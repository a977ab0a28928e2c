// The map that an inclusion of ideals induces.
ghost use Rattle.std.specs.Prelude.{IfOk, length, take, ◌+◌, ◌<◌, ◌^◌, ◌∷◌, ◌≡◌, ◌≤◌};
ghost use Rattle.fm_algebra.specs.PolynomialMatrices.{matrix_unit};
ghost use Rattle.fm_ext.specs.Exts.{cocycles_matrix, differentials, ring_of};
ghost use Rattle.fm_lift.specs.Lifts.{AreMatricesOver, after_the_first, matrices_meaning};
ghost use Rattle.fm_limit.specs.ResolvedIdeal.{IsLiftOfIdentityOf};
ghost use Rattle.fm_mat.specs.Matrices.{column_meaning, matrix_meaning};
ghost use Rattle.fm_plan.specs.Following.{FollowsPlan};
ghost use Rattle.fm_plan.specs.Queries.{ask_map, mapped, over_identity, phi_work, plan};
ghost use Rattle.fm_plan.specs.Results.{Ideal, graphs_of};
ghost use Rattle.fm_plan.specs.Tasks.{task};
ghost use Rattle.fm_queries.specs.Bases.{IsBase, base_meaning};
ghost use Rattle.fm_queries.specs.Founds.{FollowsQuery};
ghost use Rattle.fm_queries.specs.Maps.{AreNested, IsBetweenOver, IsMapOver, between_value, contained_test, map_value};
ghost use Rattle.fm_resolve.specs.Resolutions.{resolution_value};
ghost use Rattle.fm_run.specs.declared.task.Name.TheVariants as names;
ghost use Rattle.fm_run.specs.declared.task.Side.TheVariants as sides;
ghost use Rattle.fm_syz.specs.GraphValues.{graph_meaning};
ghost use Rattle.fm_vec.specs.Components.{AreOver};

use crate::base::{Base, compute_base};
use crate::comparing::compare;
use crate::unanswered::{Refusal, Unanswered};
use fm_ext::{identity_along, matrix_of};
use fm_induced::{Fibre, Onto, first_not_contained, phi};
use fm_mat::Matrix;
use fm_poly::{Poly, Ring};
use fm_run::{Side, Stopped, Work};
use fm_syz::Inside;
use std::alloc::Global;

/// The map from the module of the source to that of the target: both modules with their chains of kernels, the lift lambda_0 .. lambda_i of the
/// identity, the matrix phi of the map, and whether the map is zero, one to one or onto in the limit.
#[derive(Drop)]
pub struct Map {
    pub source: Base,
    pub target: Base,
    pub lambda: Vec<Matrix>,
    pub phi: Matrix,
    pub null: Inside,
    pub fibre: Fibre,
    pub onto: Onto,
}

/// A map without its modules.
#[derive(Drop)]
pub(crate) struct Between {
    pub lambda: Vec<Matrix>,
    pub phi: Matrix,
    pub null: Inside,
    pub fibre: Fibre,
    pub onto: Onto,
}

/// The plan of the query `map`, in this degree, for the ideals of the source's and the target's generators.
pub fn decide_map(
    alloc: Global,
    ring: Ring,
    source: &[Poly],
    target: &[Poly],
    degree: u8,
    work: &mut Work,
) -> Result<Map, Unanswered>
    requires some { 1 ≤ ring.vars }
    requires few { ring.vars ≤ 8 }
    requires source { AreOver ring source.now }
    requires target { AreOver ring target.now }
    requires room_source { length source.now + 1 < 2 ^ 32 }
    requires room_target { length target.now + 1 < 2 ^ 32 }
    requires degree { degree < 255 }
    ensures follows { let fs = column_meaning ring source.now in let gs = column_meaning ring target.now in
        FollowsQuery (map_value ring degree fs gs) result work.old work.new (plan ring (ask_map degree fs gs) work.old) }
    ensures over { IfOk result (IsMapOver ring) }
{
    test_contained(alloc, ring, source, target, work)?;
    let source = compute_base(alloc, Side::Source, ring, source, degree, work)?;
    let target = compute_base(alloc, Side::Target, ring, target, degree, work)?;
    let map = map_between(alloc, source, target, degree, work)?;
    Ok(map)
}

// The tasks from `lambda 1` on, with the modules.
fn map_between(
    alloc: Global,
    source: Base,
    target: Base,
    degree: u8,
    work: &mut Work,
) -> Result<Map, Stopped>
    requires some { 1 ≤ (ring_of source.ext).vars }
    requires few { (ring_of source.ext).vars ≤ 8 }
    requires ring { ring_of target.ext ≡ ring_of source.ext }
    requires source { length source.ext.resolution.next ≡ degree }
    requires target { length target.ext.resolution.next ≡ degree }
    requires nested { AreNested (ring_of source.ext) degree source.ext.resolution target.ext.resolution }
    ensures follows { let r = ring_of source.ext in (fs gs : Ideal r) → FollowsPlan (map_value r degree fs gs) result work.old work.new
        (mapped r degree fs gs (base_meaning r source) (base_meaning r target) work.old) }
    ensures over { IfOk result (IsMapOver (ring_of source.ext)) }
{
    match matrices_between(alloc, &source, &target, degree, work) {
        Ok(between) => Ok(Map {
            source,
            target,
            lambda: between.lambda,
            phi: between.phi,
            null: between.null,
            fibre: between.fibre,
            onto: between.onto,
        }),
        Err(stopped) => Err(stopped),
    }
}

// The tasks from `lambda 1` on, where the target's ideal lies in that of the source.
fn matrices_between(
    alloc: Global,
    source: &Base,
    target: &Base,
    degree: u8,
    work: &mut Work,
) -> Result<Between, Stopped>
    requires some { 1 ≤ (ring_of source.now.ext).vars }
    requires few { (ring_of source.now.ext).vars ≤ 8 }
    requires ring { ring_of target.now.ext ≡ ring_of source.now.ext }
    requires source { length source.now.ext.resolution.next ≡ degree }
    requires target { length target.now.ext.resolution.next ≡ degree }
    requires nested { AreNested (ring_of source.now.ext) degree source.now.ext.resolution target.now.ext.resolution }
    ensures follows { let r = ring_of source.now.ext in (fs gs : Ideal r)
        → FollowsPlan (between_value r degree fs gs source.now target.now) result work.old work.new
        (mapped r degree fs gs (base_meaning r source.now) (base_meaning r target.now) work.old) }
    ensures over { IfOk result (IsBetweenOver (ring_of source.now.ext) source.now target.now) }
{
    let lambda = lambda_of(alloc, source, target, degree, work)?;
    let phi = phi_of(alloc, source, target, matrix_of(&lambda, degree), work)?;
    let compared = compare(alloc, source, target, &phi, work)?;
    Ok(Between {
        lambda,
        phi,
        null: compared.null,
        fibre: compared.fibre,
        onto: compared.onto,
    })
}

// The tasks `lambda 1` .. `lambda i`.
fn lambda_of(
    alloc: Global,
    source: &Base,
    target: &Base,
    degree: u8,
    work: &mut Work,
) -> Result<Vec<Matrix>, Stopped>
    requires some { 1 ≤ (ring_of source.now.ext).vars }
    requires few { (ring_of source.now.ext).vars ≤ 8 }
    requires ring { ring_of target.now.ext ≡ ring_of source.now.ext }
    requires source { length source.now.ext.resolution.next ≡ degree }
    requires target { length target.now.ext.resolution.next ≡ degree }
    ensures follows { let r = ring_of source.now.ext in
        FollowsPlan (λ ls. after_the_first (matrices_meaning r ls.items)) result work.old work.new
        (over_identity r 1 (matrix_unit r.prime r.vars 1) (take degree (differentials r target.now.ext.resolution))
        (take degree (graphs_of r (resolution_value r source.now.ext.resolution))) work.old) }
    ensures first { let r = ring_of source.now.ext in IfOk result (λ ls. matrices_meaning r ls.items
        ≡ matrix_unit r.prime r.vars 1 ∷ after_the_first (matrices_meaning r ls.items)) }
    ensures rings { IfOk result (λ ls. AreMatricesOver (ring_of source.now.ext) ls.items) }
    ensures lifts { let r = ring_of source.now.ext in AreNested r degree source.now.ext.resolution target.now.ext.resolution
        → IfOk result (λ ls. IsLiftOfIdentityOf r.prime r.vars degree (differentials r target.now.ext.resolution)
        (differentials r source.now.ext.resolution) (matrices_meaning r ls.items)) }
    ensures source { IsBase source.now }
    ensures target { IsBase target.now }
{
    let from = source.ext();
    let to = target.ext();
    identity_along(alloc, from.resolution(), to.resolution(), degree, work)
}

// The task `phi`, for the last matrix of the lift.
fn phi_of(
    alloc: Global,
    source: &Base,
    target: &Base,
    lambda: &Matrix,
    work: &mut Work,
) -> Result<Matrix, Stopped>
    requires ring { ring_of target.now.ext ≡ ring_of source.now.ext }
    requires ring_lambda { lambda.now.ring ≡ ring_of source.now.ext }
    requires rows { lambda.now.rows ≡ (cocycles_matrix source.now.ext).rows }
    requires columns { length lambda.now.columns ≡ (cocycles_matrix target.now.ext).rows }
    ensures follows { let r = ring_of source.now.ext in FollowsPlan (matrix_meaning r) result work.old work.new
        (task sides.Alone names.Phi 0 (phi_work r (matrix_meaning r lambda.now) (matrix_meaning r (cocycles_matrix source.now.ext))
        (graph_meaning r target.now.ext.cocycles.generators.graph)) work.old) }
    ensures ring { IfOk result (λ m. m.ring ≡ ring_of source.now.ext) }
    ensures rows { IfOk result (λ m. m.rows ≡ length (cocycles_matrix target.now.ext).columns) }
    ensures count { IfOk result (λ m. length m.columns ≡ length (cocycles_matrix source.now.ext).columns) }
{
    let from = source.ext();
    let to = target.ext();
    phi(
        alloc,
        lambda,
        from.cocycles().generators().found(),
        to.cocycles().generators().graph(),
        work,
    )
}

// The task `contained`, and the refusal that may follow.
fn test_contained(
    alloc: Global,
    ring: Ring,
    source: &[Poly],
    target: &[Poly],
    work: &mut Work,
) -> Result<(), Unanswered>
    requires source { AreOver ring source.now }
    requires target { AreOver ring target.now }
    requires room_source { length source.now < 2 ^ 32 }
    requires room_target { length target.now < 2 ^ 32 }
    ensures follows { FollowsQuery (λ _. tt) result work.old work.new
        (contained_test ring (column_meaning ring source.now) (column_meaning ring target.now) work.old) }
{
    match first_not_contained(alloc, ring, source, target, work)? {
        Some(generator) => Err(Unanswered::Refused(Refusal::NotContained { generator })),
        None => Ok(()),
    }
}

# Problem requirements:
Within the material above, the line with "ring, target, degree, work)?;" opens the range and the line with "length source.ext.resolution.next ≡" closes it; reproduce that range word for word.

# Result:
    let target = compute_base(alloc, Side::Target, ring, target, degree, work)?;
    let map = map_between(alloc, source, target, degree, work)?;
    Ok(map)
}

// The tasks from `lambda 1` on, with the modules.
fn map_between(
    alloc: Global,
    source: Base,
    target: Base,
    degree: u8,
    work: &mut Work,
) -> Result<Map, Stopped>
    requires some { 1 ≤ (ring_of source.ext).vars }
    requires few { (ring_of source.ext).vars ≤ 8 }
    requires ring { ring_of target.ext ≡ ring_of source.ext }
    requires source { length source.ext.resolution.next ≡ degree }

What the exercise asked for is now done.